Se a medida exterior e interior de um conjunto coincidem, este é chamado mensurável e sua medida é este valor comum. Ele mostrou que a família de conjuntos mensuráveis contém os conjuntos de Borel e que sua medida concorda com medida de Borel sobre a conjuntos de Borel. Sua medida também é contável aditiva e a família de conjuntos mensuráveis é um sigma álgebra. Ele, então, estendeu essa medida para toda a linha real e, por analogia, introduziu medidas similares em espaços euclidianos de dimensão superior para representar a área no plano, o volume no espaço tridimensional, etc.

Voltando a integração, ele primeiro definiu a integral de uma função positiva sobre os reais como a medida da região bidimensional  sob o seu gráfico, em seguida, a integral de qualquer função como a diferença das integrais da parte positiva e negativa. Ele chamou uma função de mensurável se a imagem inversa de um intervalo é um conjunto mensurável e, em seguida, provou que a integral de uma função mensurável limitada em um intervalo limitado existe. Assim, ele ampliou a integral de Riemann adequando o processo de integração a uma classe mais ampla de funções.

Depois de verificar propriedades algébricas elementares da integral, ele provou um dos resultados mais profundos da análise, o Teorema da Convergência Dominada de Lebesgue: se uma seqüência de funções integráveis converge para uma função integrável então a integral do limite é o limite das integrais

Em 1904, voltando sua atenção para a diferenciação, ele recuperou o teorema fundamental do cálculo de uma forma particularmente simples.
Dizemos que uma afirmação é verdadeira quase sempre, se o conjunto de pontos em que não é verdadeira tem medida zero. De posse desse conceito Lebesgue  primeiro provou que uma função monótona, e, portanto, a soma ou a diferença de duas funções monótonas, é diferenciável em quase todo ponto. Em seguida, ele mostrou que a integral indefinida de uma função é diferenciável em quase todo ponto.

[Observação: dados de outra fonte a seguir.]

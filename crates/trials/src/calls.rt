// The calls of a round at their edges.
use super::openings::opened;
use faults::Refusal;
use plain::{Plain, PlainSource};
use round::{Report, Round, Taken, Written};
use sets::{Counting, Walking};
use std::process::Abort;

// Bays 1, 2, 3, 8, 9, 10 and 11 of 16.
const FREE: [u8; 2] = [135, 7];
// Bays 2, 5, 9, 10 and 14 of 16.
const CHARGING: [u8; 2] = [18, 35];

// Bays 4 and 8 of 9.
const SIDES: [u8; 2] = [136, 0];

// The plain index of the bits, which are lawful.
fn index_of<'a>(rt: &impl Abort, last: u32, bits: &'a [u8]) -> Plain<'a> {
    opened(rt, Plain::empty(), PlainSource { last, bits })
}

fn report(handed: u32, stretches: u32, place: u32) -> Report {
    Report {
        handed,
        stretches,
        place,
    }
}

fn taken(bay: Option<u32>, stretches: u32) -> Taken {
    Taken { bay, stretches }
}

fn written(bays: u32, stretches: u32) -> Written {
    Written { bays, stretches }
}

fn counts<F: Counting, C: Walking>(rt: &impl Abort, round: &Round<F, C>) {
    let cases = [
        (0, 0, Err(Refusal::NoBay)),
        (0, 17, Err(Refusal::NoBay)),
        (1, 0, Err(Refusal::NoBay)),
        (17, 16, Err(Refusal::NoBay)),
        (u32::MAX, 1, Err(Refusal::NoBay)),
        (1, 1, Ok(1)),
        (1, 16, Ok(7)),
        (4, 7, Ok(0)),
        (3, 8, Ok(2)),
        (16, 16, Ok(0)),
        (1, 17, Err(Refusal::Beyond)),
        (17, 17, Err(Refusal::Beyond)),
        (1, u32::MAX, Err(Refusal::Beyond)),
        (u32::MAX, u32::MAX, Err(Refusal::Beyond)),
    ];
    for (a, b, due) in cases {
        assert_eq!(rt; round.count(a, b), due);
    }
}

fn nearests<F: Counting, C: Walking>(rt: &impl Abort, round: &Round<F, C>) {
    let cases = [
        (0, Err(Refusal::NoBay)),
        (1, Ok(Some(1))),
        (5, Ok(Some(3))),
        (6, Ok(Some(8))),
        (16, Ok(Some(11))),
        (17, Err(Refusal::Beyond)),
        (u32::MAX, Err(Refusal::Beyond)),
    ];
    for (p, due) in cases {
        assert_eq!(rt; round.nearest(p), due);
    }
}

fn signs<F: Counting, C: Walking>(rt: &impl Abort, round: &Round<F, C>) {
    let cases = [
        (0, Err(Refusal::NoSign)),
        (1, Ok(Some(1))),
        (2, Err(Refusal::Beyond)),
        (16, Err(Refusal::Beyond)),
        (17, Err(Refusal::NoSign)),
        (u32::MAX, Err(Refusal::NoSign)),
    ];
    for (sign, due) in cases {
        assert_eq!(rt; round.sign(sign), due);
    }
}

fn picks<F: Counting, C: Walking>(rt: &impl Abort, round: &Round<F, C>) {
    let cases = [
        (0, Err(Refusal::NoBay)),
        (1, Ok(1)),
        (7, Ok(11)),
        (8, Err(Refusal::TooFew)),
        (16, Err(Refusal::TooFew)),
        (17, Err(Refusal::TooFew)),
        (u32::MAX, Err(Refusal::TooFew)),
    ];
    for (k, due) in cases {
        assert_eq!(rt; round.pick(k), due);
    }
}

fn asks<F: Counting, C: Walking>(rt: &impl Abort, round: &Round<F, C>) {
    counts(rt, round);
    nearests(rt, round);
    signs(rt, round);
    picks(rt, round);
}

fn goes<F: Counting, C: Walking>(rt: &impl Abort, round: &mut Round<F, C>) {
    let cases = [
        (0, Err(Refusal::NoBay)),
        (1, Ok(())),
        (9, Ok(())),
        (8, Err(Refusal::Behind)),
        (16, Ok(())),
        (18, Err(Refusal::Beyond)),
        (u32::MAX, Err(Refusal::Beyond)),
        (17, Ok(())),
        (16, Err(Refusal::Behind)),
        (0, Err(Refusal::NoBay)),
        (17, Ok(())),
    ];
    for (q, due) in cases {
        assert_eq!(rt; round.go(q), due);
    }
    // At the end there is no bay and no stretch.
    assert_eq!(rt; round.next(), taken(None, 0));
}

fn sheets<F: Counting, C: Walking>(rt: &impl Abort, round: &mut Round<F, C>) {
    let mut empty = [];
    assert_eq!(rt; round.sheet(&mut empty), written(0, 0));
    let mut first = [7, 7];
    assert_eq!(rt; round.sheet(&mut first), written(2, 6));
    assert_eq!(rt; first, [2, 9]);
    let mut second = [7, 7, 7];
    assert_eq!(rt; round.sheet(&mut second), written(1, 3));
    assert_eq!(rt; second, [10, 7, 7]);
    assert_eq!(rt; round.sheet(&mut second), written(0, 0));
    assert_eq!(rt; second, [10, 7, 7]);
}

#[test]
fn calls_that_ask(rt: HostRuntime) {
    let free = index_of(&rt, 16, &FREE);
    let charging = index_of(&rt, 16, &CHARGING);
    let round = Round::new(&free, &charging);
    asks(&rt, &round);
    let closed = round.close();
    assert_eq!(rt; closed, report(0, 0, 1));
}

#[test]
fn calls_that_go(rt: HostRuntime) {
    let free = index_of(&rt, 16, &FREE);
    let charging = index_of(&rt, 16, &CHARGING);
    let mut round = Round::new(free, charging);
    goes(&rt, &mut round);
    let closed = round.close();
    assert_eq!(rt; closed, report(0, 0, 17));
}

#[test]
fn calls_that_write(rt: HostRuntime) {
    let free = index_of(&rt, 16, &FREE);
    let charging = index_of(&rt, 16, &CHARGING);
    let mut round = Round::new(free, charging);
    sheets(&rt, &mut round);
    let closed = round.close();
    assert_eq!(rt; closed, report(3, 9, 17));
}

// A round ends at the smaller of the two last bays, and sees no bay beyond it.
fn shorter<F: Counting, C: Walking>(rt: &impl Abort, round: &mut Round<F, C>) {
    assert_eq!(rt; round.count(1, 9), Ok(5));
    assert_eq!(rt; round.count(1, 10), Err(Refusal::Beyond));
    assert_eq!(rt; round.nearest(9), Ok(Some(9)));
    assert_eq!(rt; round.nearest(10), Err(Refusal::Beyond));
    assert_eq!(rt; round.pick(5), Ok(9));
    assert_eq!(rt; round.pick(6), Err(Refusal::TooFew));
    assert_eq!(rt; round.next(), taken(Some(8), 3));
    assert_eq!(rt; round.go(11), Err(Refusal::Beyond));
    assert_eq!(rt; round.next(), taken(None, 1));
    assert_eq!(rt; round.go(10), Ok(()));
}

#[test]
fn calls_up_to_the_smaller_last_bay(rt: HostRuntime) {
    let free = index_of(&rt, 16, &FREE);
    let sides = index_of(&rt, 9, &SIDES);
    let mut round = Round::new(free, sides);
    shorter(&rt, &mut round);
    let closed = round.close();
    assert_eq!(rt; closed, report(1, 4, 10));
}

#[test]
fn the_lower_bay_at_equal_distance(rt: HostRuntime) {
    let sides = index_of(&rt, 9, &SIDES);
    let round = Round::new(sides, sides);
    let nearest = round.nearest(6);
    let past = round.nearest(7);
    let _ = round.close();
    assert_eq!(rt; nearest, Ok(Some(4)));
    assert_eq!(rt; past, Ok(Some(8)));
}

// All 65,535 bays are common.
fn largest<F: Counting, C: Walking>(rt: &impl Abort, round: &mut Round<F, C>) {
    assert_eq!(rt; round.count(1, 65535), Ok(65535));
    assert_eq!(rt; round.count(1, 65536), Err(Refusal::Beyond));
    assert_eq!(rt; round.nearest(65535), Ok(Some(65535)));
    assert_eq!(rt; round.sign(16), Ok(Some(402)));
    assert_eq!(rt; round.pick(65535), Ok(65535));
    assert_eq!(rt; round.pick(65536), Err(Refusal::TooFew));
    assert_eq!(rt; round.next(), taken(Some(1), 1));
    assert_eq!(rt; round.go(65537), Err(Refusal::Beyond));
    assert_eq!(rt; round.go(65535), Ok(()));
    assert_eq!(rt; round.next(), taken(Some(65535), 1));
    assert_eq!(rt; round.next(), taken(None, 0));
    assert_eq!(rt; round.go(65536), Ok(()));
}

#[test]
fn calls_in_the_largest_garage(rt: HostRuntime) {
    let mut memory = [255; 8192];
    memory[8191] = 127;
    let all = index_of(&rt, 65535, &memory);
    let mut round = Round::new(all, all);
    largest(&rt, &mut round);
    let closed = round.close();
    assert_eq!(rt; closed, report(2, 2, 65536));
}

Finalmente, ele caracterizou todas as funções que podem ser expressas como integrais indefinidas: essas funções  são absolutamente contínuas, funções estas introduzidas anteriormente por G. Vitali. Uma função é absolutamente contínua se a sua variação total num conjunto aberto tende à zero à medida que a medida do conjunto aberto tende à  zero.

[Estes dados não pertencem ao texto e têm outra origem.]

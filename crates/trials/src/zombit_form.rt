// Opening a zombit index: each refusal at its edge, and that a refused one leaves the old index.
use super::openings::{old, open_over, refused};
use faults::{Fault, Flaw, Form};
use sets::Walking;
use std::process::Abort;
use zombit::{Zombit, ZombitSource};

// The numbers of an index, and its parts: U, O and M.
fn source<'a>(last: u32, size: u32, parts: [&'a [u8]; 3]) -> ZombitSource<'a> {
    let [uniform, marked, mixed] = parts;
    ZombitSource {
        last,
        size,
        uniform,
        marked,
        mixed,
    }
}

// Numbers and parts, and what is due.
type Case<'a> = (u32, u32, [&'a [u8]; 3], Result<(), Fault>);

// Opens parts in the place of another index.
fn opens(rt: &impl Abort, last: u32, size: u32, parts: [&[u8]; 3], due: Result<(), Fault>) {
    let old = old(rt, Zombit::empty(), source(3, 2, [&[0], &[3], &[5]]));
    let index = open_over(rt, old, source(last, size, parts), due);
    assert!(rt; due.is_err() || index.last() == last);
}

#[test]
fn lawful(rt: HostRuntime) {
    let cases: [(u32, u32, [&[u8]; 3]); 11] = [
        // the garage of 16 bays
        (16, 2, [&[213], &[59], &[25]]),
        // one bay, which is a member, and one that is not
        (1, 2, [&[0], &[1], &[1]]),
        (1, 2, [&[1], &[0], &[]]),
        // no member, the last one, all
        (3, 2, [&[3], &[0], &[]]),
        (3, 2, [&[1], &[2], &[1]]),
        (3, 2, [&[1], &[3], &[1]]),
        (4, 2, [&[3], &[3], &[]]),
        // one block: short, full, with a non-member
        (7, 8, [&[0], &[1], &[127]]),
        (8, 8, [&[1], &[1], &[]]),
        (8, 8, [&[0], &[1], &[127]]),
        // no member in one block of the largest size
        (4096, 4096, [&[1], &[0], &[]]),
    ];
    for (last, size, parts) in cases {
        opens(&rt, last, size, parts, Ok(()));
    }
}

#[test]
fn numbers(rt: HostRuntime) {
    let last = refused(Form::Zombit, Flaw::Numbers, 0);
    let block = refused(Form::Zombit, Flaw::BlockSize, 0);
    let cases = [
        (0, 0, last),
        (0, 2, last),
        (65536, 2, last),
        (65536, 4097, last),
        (u32::MAX, 2, last),
        (u32::MAX, u32::MAX, last),
        (1, 0, block),
        (1, 1, block),
        (1, 4097, block),
        (1, u32::MAX, block),
        (65535, 1, block),
        (65535, u32::MAX, block),
    ];
    for (last, size, due) in cases {
        opens(&rt, last, size, [&[1], &[0], &[]], due);
        opens(&rt, last, size, [&[255, 0], &[255, 0], &[255, 0]], due);
    }
}

#[test]
fn lengths(rt: HostRuntime) {
    let uniform = refused(Form::Zombit, Flaw::Length, 1);
    let marked = refused(Form::Zombit, Flaw::Length, 2);
    let mixed = refused(Form::Zombit, Flaw::Length, 3);
    let cases: [Case; 13] = [
        // bytes of the garage of 16 bays
        (16, 2, [&[], &[59], &[25]], uniform),
        (16, 2, [&[213, 0], &[59], &[25]], uniform),
        (16, 2, [&[213], &[], &[25]], marked),
        (16, 2, [&[213], &[59, 0], &[25]], marked),
        (16, 2, [&[213], &[59], &[]], mixed),
        (16, 2, [&[213], &[59], &[25, 0]], mixed),
        (16, 2, [&[], &[], &[]], uniform),
        (16, 2, [&[213], &[], &[]], marked),
        // nine blocks take two bytes
        (17, 2, [&[255], &[0, 0], &[1]], uniform),
        (17, 2, [&[255, 0], &[0], &[1]], marked),
        // no mixed block has no byte, and bits after the last do not count
        (3, 2, [&[3], &[0], &[0]], mixed),
        (3, 2, [&[255], &[0], &[0]], mixed),
        (3, 2, [&[253], &[2], &[]], mixed),
    ];
    for (last, size, parts, due) in cases {
        opens(&rt, last, size, parts, due);
    }
}

#[test]
fn spare_bits(rt: HostRuntime) {
    let uniform = refused(Form::Zombit, Flaw::Content, 1);
    let marked = refused(Form::Zombit, Flaw::Content, 2);
    let mixed = refused(Form::Zombit, Flaw::Content, 3);
    let cases: [Case; 10] = [
        (3, 2, [&[4], &[3], &[5]], uniform),
        (3, 2, [&[128], &[3], &[5]], uniform),
        (3, 2, [&[0], &[7], &[5]], marked),
        (3, 2, [&[0], &[131], &[5]], marked),
        (3, 2, [&[0], &[3], &[21]], mixed),
        (3, 2, [&[0], &[3], &[133]], mixed),
        (3, 2, [&[4], &[7], &[21]], uniform),
        (3, 2, [&[0], &[7], &[21]], marked),
        (3, 2, [&[255], &[255], &[]], uniform),
        (1, 2, [&[3], &[0], &[]], uniform),
    ];
    for (last, size, parts, due) in cases {
        opens(&rt, last, size, parts, due);
    }
}

#[test]
fn unlawful(rt: HostRuntime) {
    let marked = refused(Form::Zombit, Flaw::Unlawful, 2);
    let mixed = refused(Form::Zombit, Flaw::Unlawful, 3);
    let cases: [Case; 16] = [
        // a mixed block without its bit
        (3, 2, [&[0], &[0], &[5]], marked),
        (3, 2, [&[0], &[1], &[5]], marked),
        (3, 2, [&[0], &[2], &[5]], marked),
        (17, 2, [&[255, 0], &[0, 0], &[1]], marked),
        // all members, past the last bay
        (3, 2, [&[3], &[2], &[]], marked),
        (1, 2, [&[1], &[1], &[]], marked),
        (7, 8, [&[1], &[1], &[]], marked),
        // a mixed block of all 0 and of all 1
        (3, 2, [&[0], &[3], &[4]], mixed),
        (3, 2, [&[0], &[3], &[1]], mixed),
        (4, 2, [&[0], &[3], &[7]], mixed),
        (4, 2, [&[0], &[3], &[13]], mixed),
        (8, 8, [&[0], &[1], &[255]], mixed),
        // a member past the last bay
        (3, 2, [&[0], &[3], &[9]], mixed),
        (1, 2, [&[0], &[1], &[2]], mixed),
        (7, 8, [&[0], &[1], &[129]], mixed),
        // both wrong
        (3, 2, [&[0], &[0], &[0]], marked),
    ];
    for (last, size, parts, due) in cases {
        opens(&rt, last, size, parts, due);
    }
}

// The first bay of each of 17 blocks of 4,095 bays: all blocks of the largest garage are mixed.
fn first_bays() -> [u8; 8702] {
    let mut mixed = [0; 8702];
    for block in 0..17 {
        let place = 4095 * block;
        mixed[place / 8] = 1 << (place % 8);
    }
    mixed
}

fn opens_large(rt: &impl Abort, last: u32, mixed: &[u8], due: Result<(), Fault>) {
    opens(rt, last, 4095, [&[0, 0, 0], &[255, 255, 1], mixed], due);
}

#[test]
fn largest(rt: HostRuntime) {
    let mixed = first_bays();
    let shorter = &mixed[..8701];
    let length = refused(Form::Zombit, Flaw::Length, 3);
    opens_large(&rt, 65535, &mixed, Ok(()));
    opens_large(&rt, 65535, shorter, length);
    opens_large(&rt, 65535, &[0; 8703], length);
    opens_large(&rt, 65520, &mixed, refused(Form::Zombit, Flaw::Length, 1));
}

#[test]
fn end_of_the_largest(rt: HostRuntime) {
    let mut mixed = first_bays();
    mixed[8701] = 64;
    opens_large(&rt, 65535, &mixed, refused(Form::Zombit, Flaw::Unlawful, 3));
    mixed[8701] = 128;
    opens_large(&rt, 65535, &mixed, refused(Form::Zombit, Flaw::Content, 3));
}

// 65,535 bays in the most blocks: 32,768 of two.
fn opens_most(
    rt: &impl Abort,
    uniform: &[u8],
    marked: &[u8],
    mixed: &[u8],
    due: Result<(), Fault>,
) {
    opens(rt, 65535, 2, [uniform, marked, mixed], due);
}

#[test]
fn most_blocks(rt: HostRuntime) {
    let mut uniform = [255; 4097];
    let mut marked = [0; 4097];
    let first = refused(Form::Zombit, Flaw::Length, 1);
    let second = refused(Form::Zombit, Flaw::Length, 2);
    opens_most(&rt, &uniform[..4096], &marked[..4096], &[], Ok(()));
    opens_most(&rt, &uniform[..4095], &marked[..4096], &[], first);
    opens_most(&rt, &uniform, &marked[..4096], &[], first);
    opens_most(&rt, &uniform[..4096], &marked, &[], second);
    let unmarked = refused(Form::Zombit, Flaw::Unlawful, 2);
    let past = refused(Form::Zombit, Flaw::Unlawful, 3);
    marked[4095] = 128;
    opens_most(&rt, &uniform[..4096], &marked[..4096], &[], unmarked);
    uniform[4095] = 127;
    opens_most(&rt, &uniform[..4096], &marked[..4096], &[1], Ok(()));
    opens_most(&rt, &uniform[..4096], &marked[..4096], &[2], past);
}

Agora, uma função cuja variação total é limitada é a diferença de duas funções monótonas e, portanto, é diferenciável quase todos os pontos. No entanto, a integral indefinida de sua derivada não precisa ser igual a ela. A diferença é caracterizada pelo fato de que sua derivada é zero em quase todos os pontos. Funções com esta propriedade são chamadas singulares e não precisam ser constante, e na verdade, elas podem assumir todos os valores em um intervalo. Lebesgue mostrou que uma função de variação limitada pode ser decomposta em uma soma de uma função absolutamente contínua e de uma função singular. Este é o famoso teorema de decomposição de Lebesgue.

Assim, nos primeiros anos do século, Lebesgue estabeleceu as bases de uma teoria da medida e integração na reta real, que alargou o âmbito do cálculo de uma forma inimaginável antes dele e que recuperou a liberdade para operar com integrais, derivados e limites com um mínimo de restrições naturais  e simples. As próximas décadas foram para testemunhar o crescimento explosivo do campo, as aplicações cada vez mais amplas destas ideias para outras áreas, e o desenvolvimento  novos ramos da matemática inspirado por essas noções e resultados.

 

 Probabilidade

Até o advento da teoria da medida o campo de probabilidade foi principalmente uma coleção de problemas de azar e de métodos ad hoc para resolvê-los. O interesse de matemáticos nestes problemas remonta a Pascal e Fermat no século 17. No entanto, não havia nenhuma teoria geral, nem boas definições fundamentais em que se basearem. Esta é uma das principais realizações do século 20 e é inteiramente devido ao desenvolvimento da teoria da medida.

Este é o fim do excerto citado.